= Your assignment =
Return all lines from the listing below in which the string "thousandths" occurs.

═══

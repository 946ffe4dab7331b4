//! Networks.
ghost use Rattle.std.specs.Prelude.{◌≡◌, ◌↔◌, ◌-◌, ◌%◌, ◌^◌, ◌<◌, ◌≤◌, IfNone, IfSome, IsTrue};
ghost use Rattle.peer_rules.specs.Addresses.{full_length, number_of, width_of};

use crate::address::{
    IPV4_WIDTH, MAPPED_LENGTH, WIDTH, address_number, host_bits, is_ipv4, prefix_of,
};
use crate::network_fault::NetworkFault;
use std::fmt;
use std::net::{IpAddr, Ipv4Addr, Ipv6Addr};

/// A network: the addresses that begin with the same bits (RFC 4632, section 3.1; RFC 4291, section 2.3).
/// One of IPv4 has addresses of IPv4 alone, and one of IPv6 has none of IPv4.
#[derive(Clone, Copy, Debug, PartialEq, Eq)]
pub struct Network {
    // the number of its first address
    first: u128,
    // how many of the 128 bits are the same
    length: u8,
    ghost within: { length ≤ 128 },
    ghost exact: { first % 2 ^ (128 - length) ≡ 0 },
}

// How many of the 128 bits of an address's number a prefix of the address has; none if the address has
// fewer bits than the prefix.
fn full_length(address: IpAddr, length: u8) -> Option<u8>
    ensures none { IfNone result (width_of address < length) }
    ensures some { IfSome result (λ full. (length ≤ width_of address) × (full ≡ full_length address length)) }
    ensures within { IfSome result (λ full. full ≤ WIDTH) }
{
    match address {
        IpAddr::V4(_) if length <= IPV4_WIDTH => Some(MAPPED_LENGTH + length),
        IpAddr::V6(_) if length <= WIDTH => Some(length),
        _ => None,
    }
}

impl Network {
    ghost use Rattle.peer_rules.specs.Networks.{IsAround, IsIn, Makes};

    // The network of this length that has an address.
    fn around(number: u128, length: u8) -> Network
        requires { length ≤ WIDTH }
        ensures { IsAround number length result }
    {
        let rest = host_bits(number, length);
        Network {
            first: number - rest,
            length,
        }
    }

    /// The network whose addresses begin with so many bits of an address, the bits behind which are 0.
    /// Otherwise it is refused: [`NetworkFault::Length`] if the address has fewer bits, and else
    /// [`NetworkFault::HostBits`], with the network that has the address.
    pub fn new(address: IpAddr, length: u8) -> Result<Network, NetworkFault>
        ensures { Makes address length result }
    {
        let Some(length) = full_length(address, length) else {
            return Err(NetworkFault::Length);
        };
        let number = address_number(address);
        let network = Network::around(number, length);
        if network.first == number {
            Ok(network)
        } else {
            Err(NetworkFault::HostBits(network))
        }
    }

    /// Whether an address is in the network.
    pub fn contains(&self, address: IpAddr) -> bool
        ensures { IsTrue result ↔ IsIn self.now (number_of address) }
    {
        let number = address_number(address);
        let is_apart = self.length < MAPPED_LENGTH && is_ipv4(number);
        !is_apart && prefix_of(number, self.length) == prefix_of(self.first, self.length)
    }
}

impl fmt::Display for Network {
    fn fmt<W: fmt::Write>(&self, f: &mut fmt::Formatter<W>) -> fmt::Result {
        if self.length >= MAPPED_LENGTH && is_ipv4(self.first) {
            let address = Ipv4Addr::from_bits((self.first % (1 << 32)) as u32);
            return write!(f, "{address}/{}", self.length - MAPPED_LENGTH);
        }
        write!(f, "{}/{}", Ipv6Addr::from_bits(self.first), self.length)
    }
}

═══

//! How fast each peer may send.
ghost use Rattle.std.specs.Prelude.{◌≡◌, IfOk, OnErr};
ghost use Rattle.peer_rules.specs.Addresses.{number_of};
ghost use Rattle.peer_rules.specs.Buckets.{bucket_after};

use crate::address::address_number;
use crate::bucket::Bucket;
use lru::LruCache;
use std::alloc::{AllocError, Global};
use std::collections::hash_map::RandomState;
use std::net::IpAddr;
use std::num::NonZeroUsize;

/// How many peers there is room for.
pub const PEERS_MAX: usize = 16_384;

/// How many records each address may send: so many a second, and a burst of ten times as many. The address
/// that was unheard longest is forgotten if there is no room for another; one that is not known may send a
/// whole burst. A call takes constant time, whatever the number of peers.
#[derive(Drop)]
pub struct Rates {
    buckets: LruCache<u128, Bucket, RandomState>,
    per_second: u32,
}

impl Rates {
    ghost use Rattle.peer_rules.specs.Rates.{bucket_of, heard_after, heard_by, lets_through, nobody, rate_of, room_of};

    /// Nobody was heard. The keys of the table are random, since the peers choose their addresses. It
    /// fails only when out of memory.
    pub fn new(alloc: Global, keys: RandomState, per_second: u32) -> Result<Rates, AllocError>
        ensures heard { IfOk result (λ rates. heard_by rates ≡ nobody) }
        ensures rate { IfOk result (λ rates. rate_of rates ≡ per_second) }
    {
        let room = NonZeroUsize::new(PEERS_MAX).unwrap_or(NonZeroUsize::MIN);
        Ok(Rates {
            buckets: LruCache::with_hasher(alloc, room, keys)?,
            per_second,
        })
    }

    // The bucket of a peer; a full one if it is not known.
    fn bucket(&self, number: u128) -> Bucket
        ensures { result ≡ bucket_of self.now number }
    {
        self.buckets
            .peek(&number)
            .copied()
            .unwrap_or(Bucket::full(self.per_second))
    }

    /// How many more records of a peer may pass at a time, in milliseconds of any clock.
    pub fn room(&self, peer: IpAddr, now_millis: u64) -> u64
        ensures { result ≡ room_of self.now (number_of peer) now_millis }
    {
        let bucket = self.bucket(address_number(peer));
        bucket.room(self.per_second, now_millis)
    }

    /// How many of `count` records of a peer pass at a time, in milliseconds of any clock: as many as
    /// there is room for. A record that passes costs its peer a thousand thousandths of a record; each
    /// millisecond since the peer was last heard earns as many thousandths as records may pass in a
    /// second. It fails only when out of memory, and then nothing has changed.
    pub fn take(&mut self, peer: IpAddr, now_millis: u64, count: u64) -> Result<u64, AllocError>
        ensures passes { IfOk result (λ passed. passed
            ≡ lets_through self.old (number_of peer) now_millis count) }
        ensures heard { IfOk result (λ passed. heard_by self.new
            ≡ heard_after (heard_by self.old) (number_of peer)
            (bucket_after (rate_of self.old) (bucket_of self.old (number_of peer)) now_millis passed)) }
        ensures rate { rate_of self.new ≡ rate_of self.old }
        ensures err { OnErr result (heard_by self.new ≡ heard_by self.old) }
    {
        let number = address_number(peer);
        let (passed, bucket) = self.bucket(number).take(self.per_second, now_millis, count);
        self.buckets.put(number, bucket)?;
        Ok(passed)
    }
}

═══

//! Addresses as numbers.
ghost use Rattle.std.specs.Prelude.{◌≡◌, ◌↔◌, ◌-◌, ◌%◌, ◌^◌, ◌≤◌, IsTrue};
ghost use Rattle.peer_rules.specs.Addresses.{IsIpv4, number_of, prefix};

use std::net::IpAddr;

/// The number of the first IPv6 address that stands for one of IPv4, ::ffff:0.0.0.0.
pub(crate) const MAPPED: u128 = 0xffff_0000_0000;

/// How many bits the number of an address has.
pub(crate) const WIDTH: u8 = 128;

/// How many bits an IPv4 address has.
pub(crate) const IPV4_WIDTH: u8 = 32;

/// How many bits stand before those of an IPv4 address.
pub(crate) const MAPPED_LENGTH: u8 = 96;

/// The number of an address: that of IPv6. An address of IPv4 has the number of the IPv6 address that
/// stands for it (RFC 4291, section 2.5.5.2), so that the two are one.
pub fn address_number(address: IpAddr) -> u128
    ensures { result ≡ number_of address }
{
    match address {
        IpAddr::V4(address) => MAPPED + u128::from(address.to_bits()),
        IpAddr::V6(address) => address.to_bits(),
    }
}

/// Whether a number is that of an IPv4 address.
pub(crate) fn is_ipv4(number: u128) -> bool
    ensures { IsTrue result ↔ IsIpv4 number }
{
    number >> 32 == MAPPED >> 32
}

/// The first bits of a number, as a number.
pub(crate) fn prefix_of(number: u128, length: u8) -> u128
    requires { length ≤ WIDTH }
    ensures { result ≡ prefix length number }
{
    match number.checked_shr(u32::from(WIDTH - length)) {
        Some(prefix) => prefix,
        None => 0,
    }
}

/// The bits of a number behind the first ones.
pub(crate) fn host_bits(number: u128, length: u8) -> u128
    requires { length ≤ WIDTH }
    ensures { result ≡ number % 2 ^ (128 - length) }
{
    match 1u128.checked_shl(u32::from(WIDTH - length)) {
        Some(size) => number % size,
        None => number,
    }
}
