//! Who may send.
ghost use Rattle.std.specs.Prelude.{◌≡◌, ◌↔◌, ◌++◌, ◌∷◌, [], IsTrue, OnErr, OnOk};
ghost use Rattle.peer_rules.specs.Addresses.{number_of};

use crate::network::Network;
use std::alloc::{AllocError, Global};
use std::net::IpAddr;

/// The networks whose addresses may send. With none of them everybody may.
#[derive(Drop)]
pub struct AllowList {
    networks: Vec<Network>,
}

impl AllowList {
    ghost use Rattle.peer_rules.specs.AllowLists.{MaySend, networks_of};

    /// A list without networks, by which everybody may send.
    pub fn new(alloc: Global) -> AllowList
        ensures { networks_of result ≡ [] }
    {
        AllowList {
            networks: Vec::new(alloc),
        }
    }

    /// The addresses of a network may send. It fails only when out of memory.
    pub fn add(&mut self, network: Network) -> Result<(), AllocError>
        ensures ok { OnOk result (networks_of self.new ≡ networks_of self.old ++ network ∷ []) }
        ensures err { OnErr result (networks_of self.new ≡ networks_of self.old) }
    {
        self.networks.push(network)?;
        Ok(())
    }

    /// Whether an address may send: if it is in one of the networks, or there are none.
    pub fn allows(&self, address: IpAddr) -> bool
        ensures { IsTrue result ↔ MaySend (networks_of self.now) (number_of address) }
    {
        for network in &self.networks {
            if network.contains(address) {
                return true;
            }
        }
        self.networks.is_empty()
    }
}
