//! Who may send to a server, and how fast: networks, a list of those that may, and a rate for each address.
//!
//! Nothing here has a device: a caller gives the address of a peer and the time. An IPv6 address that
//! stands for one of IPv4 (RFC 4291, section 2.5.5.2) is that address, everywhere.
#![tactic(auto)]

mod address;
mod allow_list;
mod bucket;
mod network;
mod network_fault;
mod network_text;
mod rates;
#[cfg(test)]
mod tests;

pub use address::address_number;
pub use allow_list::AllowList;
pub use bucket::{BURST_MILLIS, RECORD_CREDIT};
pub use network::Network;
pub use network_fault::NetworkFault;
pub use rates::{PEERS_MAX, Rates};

═══

= Answer space =
    /// there is room for. A record that passes costs its peer a thousand thousandths of a record; each
    /// millisecond since the peer was last heard earns as many thousandths as records may pass in a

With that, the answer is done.